> _Dataset_
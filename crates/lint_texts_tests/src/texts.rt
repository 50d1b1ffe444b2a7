// The text of a program's lints.

use flow_graph::{Graph, OutOfMemory};
use lint_styles::Style;
use lint_texts::{File, Kinds, Telling, lint_text_here};
use std::alloc::Global;
use std::process::Abort;
use std::test::Fail;
use tac_reader::{Program, read};

/// A text, and the lines that are written of it.
pub type Row = (&'static str, &'static [&'static str]);

/// Lines alone.
pub const PLAIN: Style = Style {
    source: false,
    color: false,
};

/// Lines with those of the source behind them.
pub const WITH_SOURCE: Style = Style {
    source: true,
    color: false,
};

/// The same in colours.
pub const COLORED: Style = Style {
    source: true,
    color: true,
};

/// All kinds.
pub fn all_kinds() -> Kinds {
    Kinds {
        never_called: true,
        never_reached: true,
        unset: true,
        computed: true,
        busy: true,
        dead: true,
    }
}

/// Those that are not usual.
pub fn other_kinds() -> Kinds {
    Kinds {
        never_called: false,
        never_reached: false,
        unset: false,
        computed: true,
        busy: true,
        dead: false,
    }
}

fn text_of_program(
    alloc: Global,
    telling: Telling,
    text: &str,
    program: &Program,
) -> Result<Vec<u8>, Fail> {
    let graph = Graph::build(alloc, program)?;
    let file = File {
        name: b"a.tac",
        text: text.as_bytes(),
    };
    Ok(lint_text_here(alloc, file, telling, &graph)?)
}

fn text_of(alloc: Global, telling: Telling, text: &str) -> Result<Vec<u8>, Fail> {
    let program = read(alloc, text.as_bytes())?;
    text_of_program(alloc, telling, text, &program)
}

fn joined(alloc: Global, lines: &[&'static str]) -> Result<Vec<u8>, OutOfMemory> {
    let mut text = Vec::new(alloc);
    for line in lines {
        text.extend_from_slice(line.as_bytes())?;
        text.extend_from_slice(b"\n")?;
    }
    Ok(text)
}

/// Compares what is written of each text with what is written by hand.
pub fn check_rows<R: Abort + AllocGlobal>(
    rt: &R,
    telling: Telling,
    rows: &[Row],
) -> Result<(), Fail> {
    for (text, lines) in rows {
        let written = text_of(rt.alloc(), telling, text)?;
        let wanted = joined(rt.alloc(), lines)?;
        assert_eq!(rt; written.as_slice(), wanted.as_slice(), "{text}");
    }
    Ok(())
}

> _Exercise instructions_
Each line of the data must be retyped exactly as written.

> _Answer space_
filename crates/lint_texts_tests/src/texts.rt
repository 50d1b1ffe444b2a7
// The text of a program's lints.

use flow_graph::{Graph, OutOfMemory};
use lint_styles::Style;
use lint_texts::{File, Kinds, Telling, lint_text_here};
use std::alloc::Global;
use std::process::Abort;
use std::test::Fail;
use tac_reader::{Program, read};

/// A text, and the lines that are written of it.
pub type Row = (&'static str, &'static [&'static str]);

/// Lines alone.
pub const PLAIN: Style = Style {
    source: false,
    color: false,
};

/// Lines with those of the source behind them.
pub const WITH_SOURCE: Style = Style {
    source: true,
    color: false,
};

/// The same in colours.
pub const COLORED: Style = Style {
    source: true,
    color: true,
};

/// All kinds.
pub fn all_kinds() -> Kinds {
    Kinds {
        never_called: true,
        never_reached: true,
        unset: true,
        computed: true,
        busy: true,
        dead: true,
    }
}

/// Those that are not usual.
pub fn other_kinds() -> Kinds {
    Kinds {
        never_called: false,
        never_reached: false,
        unset: false,
        computed: true,
        busy: true,
        dead: false,
    }
}

fn text_of_program(
    alloc: Global,
    telling: Telling,
    text: &str,
    program: &Program,
) -> Result<Vec<u8>, Fail> {
    let graph = Graph::build(alloc, program)?;
    let file = File {
        name: b"a.tac",
        text: text.as_bytes(),
    };
    Ok(lint_text_here(alloc, file, telling, &graph)?)
}

fn text_of(alloc: Global, telling: Telling, text: &str) -> Result<Vec<u8>, Fail> {
    let program = read(alloc, text.as_bytes())?;
    text_of_program(alloc, telling, text, &program)
}

fn joined(alloc: Global, lines: &[&'static str]) -> Result<Vec<u8>, OutOfMemory> {
    let mut text = Vec::new(alloc);
    for line in lines {
        text.extend_from_slice(line.as_bytes())?;
        text.extend_from_slice(b"\n")?;
    }
    Ok(text)
}

/// Compares what is written of each text with what is written by hand.
pub fn check_rows<R: Abort + AllocGlobal>(
    rt: &R,
    telling: Telling,
    rows: &[Row],
) -> Result<(), Fail> {
    for (text, lines) in rows {
        let written = text_of(rt.alloc(), telling, text)?;
        let wanted = joined(rt.alloc(), lines)?;
        assert_eq!(rt; written.as_slice(), wanted.as_slice(), "{text}");
    }
    Ok(())
}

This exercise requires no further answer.